Oil firm put on notice


THE Independent Consumer and Competition Commission (ICCC)has given ExxonMobil until Nov 3 to submit documents relating to its acquisition of lnterOil’s interests in the Papua LNG project in Gulf.
ICCC commissioner and chief executive officer Paulus Ain said the statutory notice was issued under Section 128 of the Independent Consumer and Competition Commission Act 2002.
The notice requires an individual or company to provide specific information or documents requested by the ICCC.
It is exercised when an individual and or a company has refused to voluntarily provide information requested by the ICCC.
It relates to the recent acquisition by ExxonMobil of InterOil shares in the Gulf project recently approved by shareholders of both companies and the Supreme Court in Yukon, Canada.
A spokesperson for ExxonMobil confirmed yesterday that they had received the notice. “We acknowledge receipt of the letter from the ICCC and are currently reviewing it,” the spokesperson said.
“ExxonMobil has a positive history and a strong business in PNG, and remains interested in growing that business.”

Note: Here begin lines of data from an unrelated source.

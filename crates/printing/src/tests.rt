// What `read_list` reads of a text, since no clause says it and no program calls it.
use crate::read_list;

fn reads(text: &str, room: &mut [i32], wanted: &[i32]) -> bool {
    read_list(text, room).is_some_and(|numbers| numbers == wanted)
}

#[test]
fn a_list_fills_as_much_of_its_room_as_it_needs(rt: HostRuntime) {
    let mut room = [7; 4];
    assert!(rt; reads("", &mut room, &[]));
    assert!(rt; reads(" \t\n", &mut room, &[]));
    assert_eq!(rt; room, [7; 4]);
    let spaced = "0 -1\t+2\r\n  00000000000000000000003 ";
    assert!(rt; reads(spaced, &mut room, &[0, -1, 2, 3]));
    assert!(rt;
        reads(
            "2147483647 -2147483648",
            &mut room,
            &[2147483647, -2147483648]
        )
    );
    assert_eq!(rt; room, [2147483647, -2147483648, 2, 3]);
}

// As long as its room is, and so longer than a list of a row.
#[test]
fn a_list_may_be_as_long_as_its_room(rt: HostRuntime) {
    let text = "1 2 3 4 5 6 7 8 9 10 11 12 13 14 15 16 17 18 19 20";
    let all = [
        1, 2, 3, 4, 5, 6, 7, 8, 9, 10, 11, 12, 13, 14, 15, 16, 17, 18, 19, 20,
    ];
    let mut room = [7; 20];
    assert!(rt; reads(text, &mut room, &all));
    let mut short = [7; 19];
    assert!(rt; read_list(text, &mut short).is_none());
    assert_eq!(rt; short, [7; 19]);
}

#[test]
fn a_word_that_is_no_number_is_not_read(rt: HostRuntime) {
    let mut room = [7; 4];
    for text in ["x", "1 x", "-", "1;2", "2147483648", "-2147483649"] {
        assert!(rt; read_list(text, &mut room).is_none(), "at {text}");
    }
}
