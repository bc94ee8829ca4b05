//! Laws of runs, each a function that does nothing and ensures it.
ghost use Rattle.relay_app.specs.Runs.{Answers, AnswersWhole, Command, IsComplete, LeavesTheRest};

/// A run of a command whose report is a function of what was read prints the text of the whole input and answers its
/// first fault, or the report's failure, or `Fine`: where no read failed and no more than the limit was there, unless
/// memory was refused. With `frames` that text has the units of the whole input at its end.
pub fn complete_runs()
    ensures { (c : Command) → IsComplete (Answers c) (AnswersWhole c) }
{}

/// Such a run changes its host by the input that it finished and by the report alone.
pub fn rest_stays()
    ensures { (c : Command) → LeavesTheRest c }
{}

Ain said a refusal to comply with the notice, or knowingly submitting misleading and incorrect information requested by it, was an offence under the ICCC Act.
The penalty includes a fine of K100,000 or a jail term of two years.
He said the ICCC had made numerous requests to ExxonMobil to submit the relevant application.
“The ICCC advised that the type of information and documents requested in the statutory notice issued to ExxonMobil includes documents such as the contract of sale, share sale and purchase agreement, and joint venture agreements concerning ExxonMobil’s acquisition of InterOil’s interests in the Papua LNG project,” Ain said.